More Constrained: Apples or Oranges?
On the road to semantic constraint matching

Document number: P1375R1
Date: 2019-03-11
Project: ISO/IEC JTC 1/SC 22/WG 21/C++
Audience subgroup: Evolution
Revises: P1375R0
Reply-to: Hubert S.K. Tong <hubert.reinterpretcast@gmail.com>

Changelog

Changes from R0

Abstract

At the 2017 Toronto meeting, EWG voted for “partial ordering rules using expression identity” in response to P0717R0’s recommendation for semantic—as opposed to textual—matching for concepts. This paper demonstrates that the implementation of said direction is incomplete given the status quo of the Working Draft. It further explores the nature of both expression identity and type identity, and proposes a framework for atomic constraint identity based on conservative semantics using affirmative-identity matching.

A treatment of the related topic of constraints on non-templated functions is given based on previous discussions.

Contents

Structure

This paper begins its exploration with the application of constraints on non-templated functions since a larger amount of recent discussion has taken place on that topic. It proposes a direction on the treatment of non-templated functions somewhat separately before delving further into the broader topic.

Constraints and non-templated functions

Various and sundry utterances in the Working Draft establish the ability to apply constraints upon non-templated functions. So the following is possible:

template <unsigned> constexpr bool t = true;
template <typename> concept C0 = t<0u>;
template <typename T> concept C1 = C0<T> && t<1u>;

struct TangerineIMacG3;
using Apple = TangerineIMacG3;
using Orange = TangerineIMacG3;

void compose(Apple *, Orange *) requires C0<Apple>;
int compose(Apple *, Orange *) requires C1<Orange>;

int transmogrify() { return compose(nullptr, nullptr); }

A question we can ask ourselves is whether or not the two compose functions should be ordered with respect to each other.

As humans, we can say that the first function only constrains the type of its first parameter and that the second one constrains only its second. This leads to the evaluation that the constraints are unrelated (they do not constrain related things), which further leads to the conclusion that the function should be unordered.

Another question we can ask is what the Concepts TS would do in this situation (with the addition of bool to the concept definitions). The answer is that normalization would produce “t<0u>” as the normalized associated constraints of the first function compose and “t<0u>t<1u>” as that of the second. The latter subsumes the former because of the atomic constraints t<0u> are textually (ODR) equivalent to each other.

Has the situation changed with the Working Draft wording? The answer is no. The normalization still produces fairly much the same atomic constraints, except that the atomic constraints t<0u> are considered identical as a combination of being the same lexical expression and having the same (empty) parameter mapping.

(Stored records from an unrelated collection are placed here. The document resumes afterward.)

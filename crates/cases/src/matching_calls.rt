//! What `sudoers_match_member` says of patterns and networks, `sudoers_match_list` of lists, `sudoers_match` of policies, and of policies that
//! `sudoers_edit` edited.
//!
//! The body of a call holds two parts, a pattern and a text or a network and interfaces; or a policy, and the parts of a question.

use crate::answer_output::push_display_format;
use crate::answers_after_edits::push_row_of_request_after_script_on_policy_text;
use crate::case_frames::{CaseCall, split_first_part_or_empty};
use crate::policy_questions::{self, PolicyQuestion};
use crate::request_parts::{
    address_and_mask_of, command_line_of_parts, group_of_parts, interfaces_of_bytes,
    request_of_parts, user_of_parts, who_of_parts, who_of_user_and_host,
};
use std::alloc::{AllocError, Global};
use sudoers_match_member::{GlobMode, glob, matches_glob_folding_case_if_wanted, network_hits};
use sudoers_tree::Kind;

/// Adds the answer to `call`; `unknown` if this is not known.
pub fn push_answer_of_matching_call(
    alloc: Global,
    call: CaseCall<'_>,
    answers: &mut String,
) -> Result<(), AllocError> {
    let (first, rest) = split_first_part_or_empty(call.body);
    let (second, _) = split_first_part_or_empty(rest);
    let holds = match call.asked {
        b'p' => glob(first, second, GlobMode::Path),
        b'a' => glob(first, second, GlobMode::Args),
        b'l' => matches_glob_folding_case_if_wanted(first, second, GlobMode::Args, true),
        b'n' => has_network_hit(alloc, first, second)?,
        _ => return push_match_policy_answer(alloc, call, answers),
    };
    push_display_format(&holds, answers)
}

/// Returns whether `network`, an address with its mask if it has one, hits one of `interfaces`.
fn has_network_hit(alloc: Global, network: &[u8], interfaces: &[u8]) -> Result<bool, AllocError> {
    let (address, mask) = address_and_mask_of(network);
    let interfaces = interfaces_of_bytes(alloc, interfaces)?;
    Ok(network_hits(address, mask, &interfaces))
}

/// Adds what a policy, the first part of `call`, answers to the question that the other parts are; `unknown` if they are none.
fn push_match_policy_answer(
    alloc: Global,
    call: CaseCall<'_>,
    answers: &mut String,
) -> Result<(), AllocError> {
    let (policy, parts) = split_first_part_or_empty(call.body);
    match call.asked {
        b'U' => push_verdict_of_alias_named_a_on_user(alloc, policy, Kind::User, parts, answers),
        b'R' => push_verdict_of_alias_named_a_on_user(alloc, policy, Kind::Runas, parts, answers),
        b'G' => push_verdict_of_runas_alias_named_a_on_group(alloc, policy, parts, answers),
        b'H' => push_verdict_of_host_alias_named_a_on_host(alloc, policy, parts, answers),
        b'C' => push_verdict_of_command_alias_named_a_on_command(alloc, policy, parts, answers),
        b'K' => push_host_group_places_of_user_on_host_parts(alloc, policy, parts, answers),
        b'D' => push_default_runas_of_user(alloc, policy, parts, answers),
        b'A' | b'P' | b'Y' => push_answer_to_request(alloc, call.asked, policy, parts, answers),
        b'E' => push_row_after_edits(alloc, policy, parts, answers),
        _ => answers.push_str("unknown"),
    }
}

/// Adds what the alias A of `kind` says of the user that `parts` are.
fn push_verdict_of_alias_named_a_on_user(
    alloc: Global,
    policy: &[u8],
    kind: Kind,
    parts: &[u8],
    answers: &mut String,
) -> Result<(), AllocError> {
    let person = user_of_parts(alloc, parts)?;
    policy_questions::push_answer_of_policy_text(
        alloc,
        policy,
        PolicyQuestion::OfUser(kind, &person),
        answers,
    )
}

/// Adds what the runas alias A says of the group that `parts` are.
fn push_verdict_of_runas_alias_named_a_on_group(
    alloc: Global,
    policy: &[u8],
    parts: &[u8],
    answers: &mut String,
) -> Result<(), AllocError> {
    let group = group_of_parts(alloc, parts)?;
    policy_questions::push_answer_of_policy_text(
        alloc,
        policy,
        PolicyQuestion::OfGroup(&group),
        answers,
    )
}

/// Adds what the host alias A says of the host that `parts` are.
fn push_verdict_of_host_alias_named_a_on_host(
    alloc: Global,
    policy: &[u8],
    parts: &[u8],
    answers: &mut String,
) -> Result<(), AllocError> {
    let who = who_of_user_and_host(alloc, user_of_parts(alloc, b"")?, parts)?;
    policy_questions::push_answer_of_policy_text(
        alloc,
        policy,
        PolicyQuestion::OfHost(&who),
        answers,
    )
}

/// Adds what the command alias A says of the command that `parts` are.
fn push_verdict_of_command_alias_named_a_on_command(
    alloc: Global,
    policy: &[u8],
    parts: &[u8],
    answers: &mut String,
) -> Result<(), AllocError> {
    let command = command_line_of_parts(alloc, parts)?;
    policy_questions::push_answer_of_policy_text(
        alloc,
        policy,
        PolicyQuestion::OfCommand(&command),
        answers,
    )
}

/// Adds where the user that `parts` are has rules.
fn push_host_group_places_of_user_on_host_parts(
    alloc: Global,
    policy: &[u8],
    parts: &[u8],
    answers: &mut String,
) -> Result<(), AllocError> {
    let who = who_of_parts(alloc, parts)?;
    policy_questions::push_answer_of_policy_text(
        alloc,
        policy,
        PolicyQuestion::Places(&who),
        answers,
    )
}

/// Adds as whom commands of the user that `parts` are run by default.
fn push_default_runas_of_user(
    alloc: Global,
    policy: &[u8],
    parts: &[u8],
    answers: &mut String,
) -> Result<(), AllocError> {
    let who = who_of_parts(alloc, parts)?;
    policy_questions::push_answer_of_policy_text(
        alloc,
        policy,
        PolicyQuestion::Default(&who),
        answers,
    )
}

/// Adds what is asked of the request that `parts` are: the command that decides it, why, or the row.
fn push_answer_to_request(
    alloc: Global,
    asked: u8,
    policy: &[u8],
    parts: &[u8],
    answers: &mut String,
) -> Result<(), AllocError> {
    let request = request_of_parts(alloc, parts)?;
    let question = match asked {
        b'P' => PolicyQuestion::Command(&request),
        b'Y' => PolicyQuestion::Reason(&request),
        _ => PolicyQuestion::Row(&request),
    };
    policy_questions::push_answer_of_policy_text(alloc, policy, question, answers)
}

/// Adds the row that decides a request after the edits of a script, the first of `parts`; the others are the request.
fn push_row_after_edits(
    alloc: Global,
    policy: &[u8],
    parts: &[u8],
    answers: &mut String,
) -> Result<(), AllocError> {
    let (script, parts) = split_first_part_or_empty(parts);
    let request = request_of_parts(alloc, parts)?;
    push_row_of_request_after_script_on_policy_text(alloc, policy, script, &request, answers)
}
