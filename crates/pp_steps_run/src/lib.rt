//! Values that obey the steps of a run tell the run: the laws of steps.
//!
//! Each function does nothing: its contract is a law about the definitions of `pp_steps` and `pp_eval`, which
//! `specs/Laws` states.
#![tactic(auto)]

ghost use Rattle.pp_steps_run.specs.Laws.{TellRuns};

/// In values that obey the steps of a run the number of `fails` is true exactly where the run on the arguments fails
/// the asked check.
pub fn tell_runs()
    ensures { TellRuns }
{}
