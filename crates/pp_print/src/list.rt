//! The lines of a list of checks.

ghost use Rattle.std.specs.Prelude.{◌≡◌, IfOk, string_bytes};
ghost use Rattle.pp_print.specs.Listed.{count_text, estimate_text};

use crate::check::push_check;
use pp_prog::{CheckKind, Place};
use pp_text::NoMemory;
use std::alloc::Global;

/// The line `NAME: K checks` of a function with the number of its own checks. The only error is want of memory.
pub fn count_line(alloc: Global, name: &str, checks: u32) -> Result<String, NoMemory>
    ensures { IfOk result (λ s. string_bytes s ≡ count_text name.now checks) }
{
    format!(in alloc; "{name}: {checks} checks\n")
}

/// The line `  KIND at S:L:C, estimate E` of a check, with the estimate of a round in gates. The only error is want of
/// memory.
pub fn estimate_line(
    alloc: Global,
    kind: CheckKind,
    place: Place,
    estimate: u64,
) -> Result<String, NoMemory>
    ensures { IfOk result (λ s. string_bytes s ≡ estimate_text kind place estimate) }
{
    let mut out = String::from_str(alloc, "  ")?;
    push_check(&mut out, kind, place)?;
    write!(out, ", estimate {estimate}\n")?;
    Ok(out)
}
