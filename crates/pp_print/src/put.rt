//! Putting lines.

ghost use Rattle.std.specs.Prelude.{◌≡◌, ◌≤◌, OnOk, OnErr, map, string_bytes};
ghost use Rattle.std.specs.Io.KnownBytes.{Appends};
ghost use Rattle.std.specs.List.{concat};
ghost use Rattle.pp_print.specs.Puts.{IsCut};
ghost use Rattle.pp_seam.specs.Faults.{Rose};
ghost use Rattle.pp_seam.specs.Pieces.{AppendsFront};

use pp_seam::{PutFault, Sink};

/// Puts the lines in order, each as one piece, up to the first fault. It takes no memory.
///
/// # Errors
///
/// `Failed` where a put failed, and so the sink's count of faults rose. Then the lines before this one were taken
/// whole, of this one a front was taken, and nothing was put after it.
pub fn put_lines<K: Sink>(out: &mut K, lines: &[String]) -> Result<(), PutFault>
    ensures whole { OnOk result (Appends (K.taken out.old) (K.taken out.new) (concat (map string_bytes lines.now))) }
    ensures steady { OnOk result (K.faults out.new ≡ K.faults out.old) }

    // on a fault
    ensures front { OnErr result (IsCut (map string_bytes lines.now) (K.taken out.old) (K.taken out.new)) }
    ensures prefix { OnErr result (AppendsFront (K.taken out.old) (K.taken out.new)
        (concat (map string_bytes lines.now))) }
    ensures cause { OnErr result (Rose (K.faults out.old) (K.faults out.new)) }

    ensures later { K.faults out.old ≤ K.faults out.new }
{
    for line in lines {
        out.put(line.as_bytes())?;
    }
    Ok(())
}
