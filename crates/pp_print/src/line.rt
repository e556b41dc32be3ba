//! The lines on the verdicts.

ghost use Rattle.std.specs.Prelude.{◌≡◌, ◌++◌, IfOk, OnOk, string_bytes};
ghost use Rattle.pp_print.specs.Lines.{depends_text, invalid_text, open_text, summary_text, valid_text};
ghost use Rattle.pp_print.specs.Lines.{reason_text, round_text};

use crate::check::push_check;
use crate::value::push_arguments;
use pp_prog::{CheckKind, Ctor, Param, Place, Value};
use pp_text::NoMemory;
use std::alloc::Global;

/// The line `NAME: valid, K checks` of a valid function, with the number of its own checks. The word is `checks` also
/// after 1. The only error is want of memory.
pub fn valid_line(alloc: Global, name: &str, checks: u32) -> Result<String, NoMemory>
    ensures { IfOk result (λ s. string_bytes s ≡ valid_text name.now checks) }
{
    format!(in alloc; "{name}: valid, {checks} checks\n")
}

/// The line `NAME: depends on OTHER, K checks` of a function whose own checks are done, where those of another that it
/// calls aren't. The only error is want of memory.
pub fn depends_line(alloc: Global, name: &str, other: &str, checks: u32) -> Result<String, NoMemory>
    ensures { IfOk result (λ s. string_bytes s ≡ depends_text name.now other.now checks) }
{
    format!(in alloc; "{name}: depends on {other}, {checks} checks\n")
}

/// The line `NAME: invalid, KIND at S:L:C, x = V, y = W` of a function that fails the check of this kind at this place,
/// run on these values, one for each parameter in order. Without a parameter it ends after the place. Of two lists of
/// different lengths the longer is cut. The only error is want of memory.
pub fn invalid_line(
    alloc: Global,
    ctors: &[Ctor],
    name: &str,
    kind: CheckKind,
    place: Place,
    params: &[Param],
    values: &[Value],
) -> Result<String, NoMemory>
    ensures { IfOk result (λ s. string_bytes s ≡ invalid_text ctors.now name.now kind place params.now values.now) }
{
    let mut out = format!(in alloc; "{name}: invalid, ")?;
    push_check(&mut out, kind, place)?;
    push_arguments(alloc, &mut out, ctors, params, values)?;
    out.push_str("\n")?;
    Ok(out)
}

/// Why a check is left open: the rounds are used up; the lemmas of a query are spent; the next round is estimated too
/// large.
#[derive(Clone, Copy, Debug, PartialEq, Eq)]
pub enum Reason {
    Rounds,
    Lemmas,
    Size,
}

/// The word for a reason. It takes no memory.
fn reason_word(reason: Reason) -> &'static str
    ensures { result.now ≡ reason_text reason }
{
    match reason {
        Reason::Rounds => "rounds",
        Reason::Lemmas => "lemmas",
        Reason::Size => "size",
    }
}

/// Adds `at round N`, or `before round 0`.
fn push_round(out: &mut String, searched: Option<u32>) -> Result<(), NoMemory>
    ensures { OnOk result (string_bytes out.new ≡ string_bytes out.old ++ round_text searched) }
{
    match searched {
        None => out.push_str("before round 0"),
        Some(round) => write!(out, "at round {round}"),
    }
}

/// The line `NAME: open at round N, KIND at S:L:C, WHY` of a function whose check of this kind at this place is open:
/// no arguments were found that fail it, up to the last round that was searched. Where none was it is `NAME: open
/// before round 0, KIND at S:L:C, WHY`. The only error is want of memory.
pub fn open_line(
    alloc: Global,
    name: &str,
    searched: Option<u32>,
    kind: CheckKind,
    place: Place,
    reason: Reason,
) -> Result<String, NoMemory>
    ensures { IfOk result (λ s. string_bytes s ≡ open_text name.now searched kind place reason) }
{
    let mut out = format!(in alloc; "{name}: open ")?;
    push_round(&mut out, searched)?;
    out.push_str(", ")?;
    push_check(&mut out, kind, place)?;
    let word = reason_word(reason);
    write!(out, ", {word}\n")?;
    Ok(out)
}

/// The line `V valid, I invalid, O open, D depending`, with the number of functions of each verdict. The only error is
/// want of memory.
pub fn summary_line(
    alloc: Global,
    valid: u32,
    invalid: u32,
    open: u32,
    depending: u32,
) -> Result<String, NoMemory>
    ensures { IfOk result (λ s. string_bytes s ≡ summary_text valid invalid «open» depending) }
{
    format!(in alloc; "{valid} valid, {invalid} invalid, {open} open, {depending} depending\n")
}
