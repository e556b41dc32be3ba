//! How values print.

ghost use Rattle.std.specs.Prelude.{◌≡◌, ◌+◌, ◌*◌, ◌++◌, List, OnOk, slice_get, string_bytes, map};
ghost use Rattle.pp_prog.specs.declared.types.Ctor.{Ctor};
ghost use Rattle.pp_print.specs.Values.{argument_text, arguments_text, in_brackets, tree_text, value_text};
ghost use Rattle.pp_print.specs.Pending.{AddsFields, Prints, piece_text, sizes, work};
ghost use Rattle.pp_store.specs.Sizes.{size};

use pp_list::Items;
use pp_prog::{Ctor, Param, Value};
use pp_text::NoMemory;
use std::alloc::Global;

/// What is left to print of a value.
#[derive(Clone, Copy)]
pub(crate) enum Piece<'v> {
    /// A value.
    First(&'v Value),
    /// A value behind a comma.
    Next(&'v Value),
    /// The bracket behind the last field.
    Close,
}

/// Adds the text of a value: a decimal number, `true`, `false`, `Cons(3, Nil())`, or the bare name of a case object. It
/// keeps a list of what is left to print, so the value may be of any height.
pub(crate) fn push_value(
    alloc: Global,
    out: &mut String,
    ctors: &[Ctor],
    value: &Value,
) -> Result<(), NoMemory>
    ensures { OnOk result (string_bytes out.new ≡ string_bytes out.old ++ value_text ctors.now value.now) }
{
    let mut pending = Items::new(alloc);
    pending.push(Piece::First(value))?;
    while let Some(piece) = pending.pop() {
        push_piece(out, &mut pending, ctors, piece)?;
    }
    Ok(())
}

/// Adds the text of a piece, but for what is pending.
fn push_piece<'v>(
    out: &mut String,
    pending: &mut Items<Piece<'v>>,
    ctors: &[Ctor],
    piece: Piece<'v>,
) -> Result<(), NoMemory>
    ensures { OnOk result (Prints ctors.now (piece_text ctors.now piece.entry) (work piece.entry) pending.old
        pending.new (string_bytes out.old) (string_bytes out.new)) }
{
    match piece {
        Piece::First(value) => push_front(out, pending, ctors, value),
        Piece::Next(value) => {
            out.push_str(", ")?;
            push_front(out, pending, ctors, value)
        }
        Piece::Close => out.push_str(")"),
    }
}

/// Adds the text of a value, but for what is pending.
fn push_front<'v>(
    out: &mut String,
    pending: &mut Items<Piece<'v>>,
    ctors: &[Ctor],
    value: &'v Value,
) -> Result<(), NoMemory>
    ensures { OnOk result (Prints ctors.now (value_text ctors.now value.now) (2 * size value.now) pending.old
        pending.new (string_bytes out.old) (string_bytes out.new)) }
{
    match value {
        Value::Int(n) => {
            let n = *n;
            write!(out, "{n}")
        }
        Value::Bool(true) => out.push_str("true"),
        Value::Bool(false) => out.push_str("false"),
        Value::Tree(ctor, fields) => push_tree(out, pending, ctors, ctor.0, fields.as_slice()),
    }
}

/// Adds the text of a constructor with its fields, but for what is pending.
fn push_tree<'v>(
    out: &mut String,
    pending: &mut Items<Piece<'v>>,
    ctors: &[Ctor],
    ctor: u32,
    fields: &'v [Value],
) -> Result<(), NoMemory>
    ensures { OnOk result (Prints ctors.now
        (tree_text (slice_get ctors.now ctor) (map (value_text ctors.now) fields.now)) (2 * sizes fields.now + 2)
        pending.old pending.new (string_bytes out.old) (string_bytes out.new)) }
{
    match ctors.get(ctor as usize) {
        Some(ctor) => {
            out.push_str(ctor.name.as_str())?;
            if ctor.object {
                return Ok(());
            }
            push_brackets(out, pending, fields)
        }
        None => push_brackets(out, pending, fields),
    }
}

/// Adds the fields of a tree in brackets, but for what is pending.
fn push_brackets<'v>(
    out: &mut String,
    pending: &mut Items<Piece<'v>>,
    fields: &'v [Value],
) -> Result<(), NoMemory>
    ensures { OnOk result ((ctors : List Ctor) → Prints ctors (in_brackets (map (value_text ctors) fields.now))
        (2 * sizes fields.now + 2) pending.old pending.new (string_bytes out.old) (string_bytes out.new)) }
{
    out.push_str("(")?;
    add_fields(pending, fields)?;
    Ok(())
}

/// Adds the fields of a tree to what is pending, the first on top, and the bracket below them.
fn add_fields<'v>(pending: &mut Items<Piece<'v>>, fields: &'v [Value]) -> Result<(), NoMemory>
    ensures { OnOk result (AddsFields pending.old pending.new fields.now) }
{
    pending.push(Piece::Close)?;
    if let [first, rest @ ..] = fields {
        for i in (0..rest.len()).rev() {
            pending.push(Piece::Next(&rest[i]))?;
        }
        pending.push(Piece::First(first))?;
    }
    Ok(())
}

/// Adds `, x = V`.
fn push_argument(
    alloc: Global,
    out: &mut String,
    ctors: &[Ctor],
    param: &Param,
    value: &Value,
) -> Result<(), NoMemory>
    ensures { OnOk result (string_bytes out.new ≡ string_bytes out.old ++ argument_text ctors.now
        (param.now, value.now)) }
{
    let name = param.name.as_str();
    write!(out, ", {name} = ")?;
    push_value(alloc, out, ctors, value)
}

/// Adds `, x = V, y = W`: each parameter with its value, in order.
pub(crate) fn push_arguments(
    alloc: Global,
    out: &mut String,
    ctors: &[Ctor],
    params: &[Param],
    values: &[Value],
) -> Result<(), NoMemory>
    ensures { OnOk result (string_bytes out.new ≡ string_bytes out.old ++ arguments_text ctors.now params.now
        values.now) }
{
    for (param, value) in params.iter().zip(values) {
        push_argument(alloc, out, ctors, param, value)?;
    }
    Ok(())
}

So what went wrong here? The empty parameter mapping is easy to point at (and indeed, it is one reason why we have a clear answer out of the current wording). What we are seeing is that constraints which are non-dependent do not actually constrain template parameters (of course, the functions have no template parameters at all). In the absence of template parameters being constrained, we have no basis for understanding how constraints relate to the elements of the constrained declaration and no basis for understanding whether constraints on one declaration share the same intended relationship with its declaration as constraints on another declaration (and are thus meaningful to order by).

Hopefully with the stage set on why constraints on non-templated functions are problematic to order between in terms of semantic constraint matching, we now move into some more history and technical details as to why supporting such ordering is issue-ridden.

From Concepts Issue 23

Concepts Issue 23 notes the addition of “associated constraints” by the Concepts TS to the definition of a function’s signature where associated constraints is only defined for templates (thus leaving the signature an ill-defined concept). The situation has now slightly changed.

The definition of a function’s signature ([defns.signature]) now refers to the trailing requires-clause (if any) of the function. It remains the case, however, that “associated constraints” are defined for templates ([temp.constr.decl]) and not for functions. Thus, we would understandably be at a loss when overload resolution, with hands waving vigorously, asks us to prefer a more constrained non-template function ([over.match.best]) using rules that order declarations based on their associated constraints ([temp.constr.order]).

On top of that, it is unclear how trailing requires-clauses that evaluate, as constant expressions, to the same value are to be considered not equivalent for the purposes of declaration matching ([over.dcl]). In particular, [over.dcl] may be applying equivalent upon the values produced by interpreting the constraint-logical-or-expressions of the trailing requires-clauses as constant expressions; in which case, the [over.match.best] verbiage serves at most to prefer constrained declarations over unconstrained declarations. Alternatively, [over.dcl] may instead be applying equivalent upon the expressions themselves with the expectation that such equivalence is defined. It appears that such an expectation would be unwarranted, because equivalent, with respect to expressions ([temp.over.link]), is defined only for expressions involving template parameters.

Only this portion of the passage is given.